WORK REQUEST: In the entries that follow, the first line to write out is the one containing "with these corners.", and the last is the one containing "let a = self.place(corners[0]);". Reproduce that stretch exactly, with nothing before or after it.

SUPPLIED MATERIAL:
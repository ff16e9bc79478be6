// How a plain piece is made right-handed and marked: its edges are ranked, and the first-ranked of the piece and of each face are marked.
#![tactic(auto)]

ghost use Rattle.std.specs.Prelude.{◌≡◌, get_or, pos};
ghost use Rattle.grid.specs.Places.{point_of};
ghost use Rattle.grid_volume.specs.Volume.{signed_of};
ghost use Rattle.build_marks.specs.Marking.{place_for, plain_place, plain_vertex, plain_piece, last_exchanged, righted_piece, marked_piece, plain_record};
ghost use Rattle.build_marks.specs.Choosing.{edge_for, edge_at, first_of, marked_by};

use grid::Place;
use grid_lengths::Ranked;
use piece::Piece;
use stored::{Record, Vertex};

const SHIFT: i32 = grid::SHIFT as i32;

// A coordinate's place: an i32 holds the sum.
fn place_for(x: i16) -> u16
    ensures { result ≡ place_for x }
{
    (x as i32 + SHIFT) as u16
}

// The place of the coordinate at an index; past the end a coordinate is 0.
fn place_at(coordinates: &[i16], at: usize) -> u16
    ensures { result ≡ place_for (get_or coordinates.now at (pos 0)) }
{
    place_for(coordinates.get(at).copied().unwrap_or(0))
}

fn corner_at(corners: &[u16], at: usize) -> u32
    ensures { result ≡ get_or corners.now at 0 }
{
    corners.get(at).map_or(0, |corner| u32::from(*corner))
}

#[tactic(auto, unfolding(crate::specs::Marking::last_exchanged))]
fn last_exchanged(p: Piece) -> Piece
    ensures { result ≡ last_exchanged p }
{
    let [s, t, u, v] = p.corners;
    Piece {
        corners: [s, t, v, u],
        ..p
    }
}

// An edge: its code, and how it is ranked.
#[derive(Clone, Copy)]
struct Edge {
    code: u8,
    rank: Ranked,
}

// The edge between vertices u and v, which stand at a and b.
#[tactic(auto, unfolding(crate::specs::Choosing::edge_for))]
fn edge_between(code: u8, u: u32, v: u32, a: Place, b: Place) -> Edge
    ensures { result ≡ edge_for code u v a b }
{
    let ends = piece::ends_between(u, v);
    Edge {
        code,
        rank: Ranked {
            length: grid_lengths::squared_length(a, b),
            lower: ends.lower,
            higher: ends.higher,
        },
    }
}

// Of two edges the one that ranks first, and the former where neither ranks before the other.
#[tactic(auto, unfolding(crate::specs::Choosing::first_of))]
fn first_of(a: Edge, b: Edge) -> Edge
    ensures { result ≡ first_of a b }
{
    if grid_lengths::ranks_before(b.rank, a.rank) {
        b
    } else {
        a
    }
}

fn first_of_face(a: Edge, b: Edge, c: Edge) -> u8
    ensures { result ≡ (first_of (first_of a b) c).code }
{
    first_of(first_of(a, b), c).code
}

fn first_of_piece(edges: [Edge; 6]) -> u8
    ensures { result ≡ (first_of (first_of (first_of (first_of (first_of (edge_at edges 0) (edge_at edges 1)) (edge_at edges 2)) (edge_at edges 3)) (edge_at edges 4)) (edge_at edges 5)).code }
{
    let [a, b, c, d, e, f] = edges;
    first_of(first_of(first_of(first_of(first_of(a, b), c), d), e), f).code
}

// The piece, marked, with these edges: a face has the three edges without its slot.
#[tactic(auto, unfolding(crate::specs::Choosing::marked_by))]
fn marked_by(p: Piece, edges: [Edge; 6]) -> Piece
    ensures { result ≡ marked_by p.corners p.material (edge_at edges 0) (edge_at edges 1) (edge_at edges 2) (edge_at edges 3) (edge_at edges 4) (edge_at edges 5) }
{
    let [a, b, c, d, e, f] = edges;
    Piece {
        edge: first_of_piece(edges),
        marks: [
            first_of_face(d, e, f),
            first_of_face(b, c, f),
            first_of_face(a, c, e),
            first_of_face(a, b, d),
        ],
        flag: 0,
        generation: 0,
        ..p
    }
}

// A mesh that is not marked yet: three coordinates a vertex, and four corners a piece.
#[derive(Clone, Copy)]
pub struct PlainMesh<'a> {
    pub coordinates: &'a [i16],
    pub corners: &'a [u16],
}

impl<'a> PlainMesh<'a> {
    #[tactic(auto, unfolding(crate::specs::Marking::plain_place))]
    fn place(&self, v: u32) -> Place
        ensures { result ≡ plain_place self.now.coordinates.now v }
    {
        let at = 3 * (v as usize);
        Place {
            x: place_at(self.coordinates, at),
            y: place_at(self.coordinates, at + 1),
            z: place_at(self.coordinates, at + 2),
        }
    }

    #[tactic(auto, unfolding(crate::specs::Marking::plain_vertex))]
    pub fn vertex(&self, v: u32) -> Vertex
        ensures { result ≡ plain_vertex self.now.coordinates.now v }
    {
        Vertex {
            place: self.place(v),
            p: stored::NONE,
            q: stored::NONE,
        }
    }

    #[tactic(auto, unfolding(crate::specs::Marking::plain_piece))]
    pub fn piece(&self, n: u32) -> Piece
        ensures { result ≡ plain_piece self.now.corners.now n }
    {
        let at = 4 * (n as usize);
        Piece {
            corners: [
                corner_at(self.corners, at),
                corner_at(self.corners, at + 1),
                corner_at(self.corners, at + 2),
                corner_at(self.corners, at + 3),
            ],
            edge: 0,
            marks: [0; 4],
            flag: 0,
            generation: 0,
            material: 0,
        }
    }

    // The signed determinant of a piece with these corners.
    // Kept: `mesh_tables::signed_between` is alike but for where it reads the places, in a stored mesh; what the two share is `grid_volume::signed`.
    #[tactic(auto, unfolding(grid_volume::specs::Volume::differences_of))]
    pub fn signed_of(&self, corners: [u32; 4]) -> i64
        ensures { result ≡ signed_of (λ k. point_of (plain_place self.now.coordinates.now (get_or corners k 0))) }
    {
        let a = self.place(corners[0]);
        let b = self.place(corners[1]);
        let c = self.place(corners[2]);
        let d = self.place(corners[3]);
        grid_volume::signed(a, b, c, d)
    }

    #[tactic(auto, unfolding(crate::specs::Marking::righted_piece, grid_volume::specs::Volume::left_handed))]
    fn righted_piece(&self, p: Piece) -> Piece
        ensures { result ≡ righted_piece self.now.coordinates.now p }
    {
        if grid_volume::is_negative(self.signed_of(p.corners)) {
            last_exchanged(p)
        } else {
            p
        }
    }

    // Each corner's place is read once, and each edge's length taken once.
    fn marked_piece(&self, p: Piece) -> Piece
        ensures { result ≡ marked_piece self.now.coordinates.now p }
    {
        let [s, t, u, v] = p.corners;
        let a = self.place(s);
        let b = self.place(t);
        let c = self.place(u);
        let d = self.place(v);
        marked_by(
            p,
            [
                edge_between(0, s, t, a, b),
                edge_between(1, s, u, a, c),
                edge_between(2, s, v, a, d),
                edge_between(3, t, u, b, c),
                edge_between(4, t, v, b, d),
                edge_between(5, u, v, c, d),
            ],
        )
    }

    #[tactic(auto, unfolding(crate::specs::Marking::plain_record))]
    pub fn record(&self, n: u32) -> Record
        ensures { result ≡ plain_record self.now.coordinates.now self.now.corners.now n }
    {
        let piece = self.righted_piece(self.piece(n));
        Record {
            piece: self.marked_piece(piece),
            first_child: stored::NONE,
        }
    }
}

...

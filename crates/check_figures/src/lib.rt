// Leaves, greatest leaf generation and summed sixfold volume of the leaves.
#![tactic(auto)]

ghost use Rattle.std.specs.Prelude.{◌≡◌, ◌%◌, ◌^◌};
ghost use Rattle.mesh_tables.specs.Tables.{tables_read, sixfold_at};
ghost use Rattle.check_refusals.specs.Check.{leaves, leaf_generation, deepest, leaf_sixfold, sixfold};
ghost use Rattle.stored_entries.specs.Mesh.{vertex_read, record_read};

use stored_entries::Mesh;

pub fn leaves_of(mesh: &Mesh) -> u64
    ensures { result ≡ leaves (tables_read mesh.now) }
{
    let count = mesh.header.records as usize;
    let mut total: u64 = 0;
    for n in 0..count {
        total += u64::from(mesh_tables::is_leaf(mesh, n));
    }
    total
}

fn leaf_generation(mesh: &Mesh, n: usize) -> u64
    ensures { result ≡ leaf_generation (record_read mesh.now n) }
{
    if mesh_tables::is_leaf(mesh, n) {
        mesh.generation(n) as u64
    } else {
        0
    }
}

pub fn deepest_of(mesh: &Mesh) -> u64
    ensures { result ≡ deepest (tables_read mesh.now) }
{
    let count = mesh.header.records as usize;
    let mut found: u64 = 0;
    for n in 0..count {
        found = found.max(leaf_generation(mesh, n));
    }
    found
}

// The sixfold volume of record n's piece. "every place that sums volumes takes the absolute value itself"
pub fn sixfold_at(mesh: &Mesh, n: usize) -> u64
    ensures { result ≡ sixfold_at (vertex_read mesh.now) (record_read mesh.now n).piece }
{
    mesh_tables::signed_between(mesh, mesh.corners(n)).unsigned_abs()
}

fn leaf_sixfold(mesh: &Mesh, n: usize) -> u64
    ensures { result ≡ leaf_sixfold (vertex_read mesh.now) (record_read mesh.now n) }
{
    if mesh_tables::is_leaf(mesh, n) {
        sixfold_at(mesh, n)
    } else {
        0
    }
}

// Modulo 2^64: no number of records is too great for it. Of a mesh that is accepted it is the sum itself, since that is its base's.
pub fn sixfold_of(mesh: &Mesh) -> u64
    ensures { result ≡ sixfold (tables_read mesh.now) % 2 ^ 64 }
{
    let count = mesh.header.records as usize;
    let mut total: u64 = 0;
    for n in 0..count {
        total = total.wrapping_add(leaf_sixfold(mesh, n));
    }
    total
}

EXERCISE ANSWER:
    // The signed determinant of a piece with these corners.
    // Kept: `mesh_tables::signed_between` is alike but for where it reads the places, in a stored mesh; what the two share is `grid_volume::signed`.
    #[tactic(auto, unfolding(grid_volume::specs::Volume::differences_of))]
    pub fn signed_of(&self, corners: [u32; 4]) -> i64
        ensures { result ≡ signed_of (λ k. point_of (plain_place self.now.coordinates.now (get_or corners k 0))) }
    {
        let a = self.place(corners[0]);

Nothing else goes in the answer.